Alright, I'm good. But still, that hurt. It also leaves a strange taste in my poor, superior mouth that tastes a lot like burnt tires. Ew.
-Zomg, 3rd person.-
Professor Membrane magically summoned a notepad, writing down Zim's reaction to the food, not considering that it could be something as simple as allergies. He was starting to act more like Dib than anything else, and this caused our Irken homie-G great mental disturbance.
Tak and Dib, meanwhile, were still laughing like deranged hyenas. This reminded Zim of the time meat had fused with his skin and the Tallests were laughing at his pain and despair. They had always found humor in others' suffering, and that was probably why they were loved and hated by so many, Irken or not. Zim always laughed with them, but not when it would be considered laughing at himself.
'Because that would be just plain stupid, in that Dib-like way,' thought Zim, obviously after reading the above sentence through telekinetic powers. Without these powers, this feat would not have been accomplished. Unless, of course, he had the non-existent script.

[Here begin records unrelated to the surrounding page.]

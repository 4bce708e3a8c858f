//! The form of a revision's ports.
ghost use Rattle.std.specs.Prelude.{◌≡◌, ◌&&◌, nat_le};
ghost use Rattle.std.specs.List.{list_all};
ghost use Rattle.bg_revisions.specs.PortLists.{are_ports, are_distinct as are_distinct_in};

/// Whether there are exactly `replicas` ports, all distinct and none 0.
pub fn are_replica_ports(replicas: u32, ports: &[u16]) -> bool
    ensures { result ≡ are_ports replicas ports.now }
{
    ports.len() == replicas as usize && have_port_numbers(ports) && are_distinct(ports)
}

fn have_port_numbers(ports: &[u16]) -> bool
    ensures { result ≡ list_all (λ p. nat_le 1 p && nat_le p 65535) ports.now }
{
    ports.iter().all(|port| is_port_number(*port))
}

fn is_port_number(port: u16) -> bool
    ensures { result ≡ (nat_le 1 port && nat_le port 65535) }
{
    port != 0
}

fn are_distinct(ports: &[u16]) -> bool
    ensures { result ≡ are_distinct_in ports.now }
{
    for (place, port) in ports.iter().enumerate() {
        if ports[place + 1..].contains(port) {
            return false;
        }
    }
    true
}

"Zim," began Gaz in a very annoyed voice. "Stop reading what the author is writing and eat." She grabbed Zim's fork and piled the supposed food onto it, shoving the substance into his mouth against Zim's noisy protests.
'If this night is any indication, I will never get back to Irk alive…' mused Zim.
-Sometime later at Zim's base/home/secret lair/portable toilet…-
"MASTA'S THROAT SWEEEELLLEEEDD!" screeched Gir as he ran up the wall, obviously after watching too many ninja movies.
Zim was sitting on the couch below the monkey portrait in his living room, glaring at his sidekick while itching his swelled, red throat. The skin was all scaly, boil-covered, and over all "eeeeeeewww."
Gir stopped roaming the ceiling and plopped himself on Zim's skinny little lap like a kid plops himself on Santa's fat, obese lap… only not.
"Masta want more tuna?" asked the dysfunctional SIR unit.
Resisting the urge to strangle Gir, Zim simply glared at him. He was in too much pain to take him apart.
"No, Gir. I DON'T want the very thing that is causing my throat to grow to the massive size of Dib's massively inflated head."
"Aw, Masta's depressed. I know what'll cheer you up! An Oprah marathon!" screeched the little silver robot with a pedophile-like grin.
"Alas, Gir. This is one thing that Lady Oprah cannot fix," said Zim, ever so dramatically. He regretted saying it in that tone, for Gir would start talking like that due to his tendency to copy many things.
-End o' Crappy Chappie (hah, I rhyme. xD)-
I know, this was short and incredibly stupid, but this was very quickly written… and I just wanted to update. xD I wrote this chappie during two-and-a-half hour's intervals of the day, due to the fact that I had to bottle-feed the puppies every two-and-a-half hours. Yah, I have little golden retriever puppies running amuck. They were born last Wednesday. :D Ten of them! I had to bottle-feed them today because the one of our momma dog's nipples are infected and puss is getting into the milk coming out of that nipple. And that could make the puppies all siiiick. D: And that wouldn't be cool.
Sorry about the stupidity and overall crappiness of this chappie. I need to get with the groove. D: I hope the next one will be better (and quicker).
Also, most of this chappie was written while listening to 'Garden' by Dir en Grey. :3 Just so you knooooow.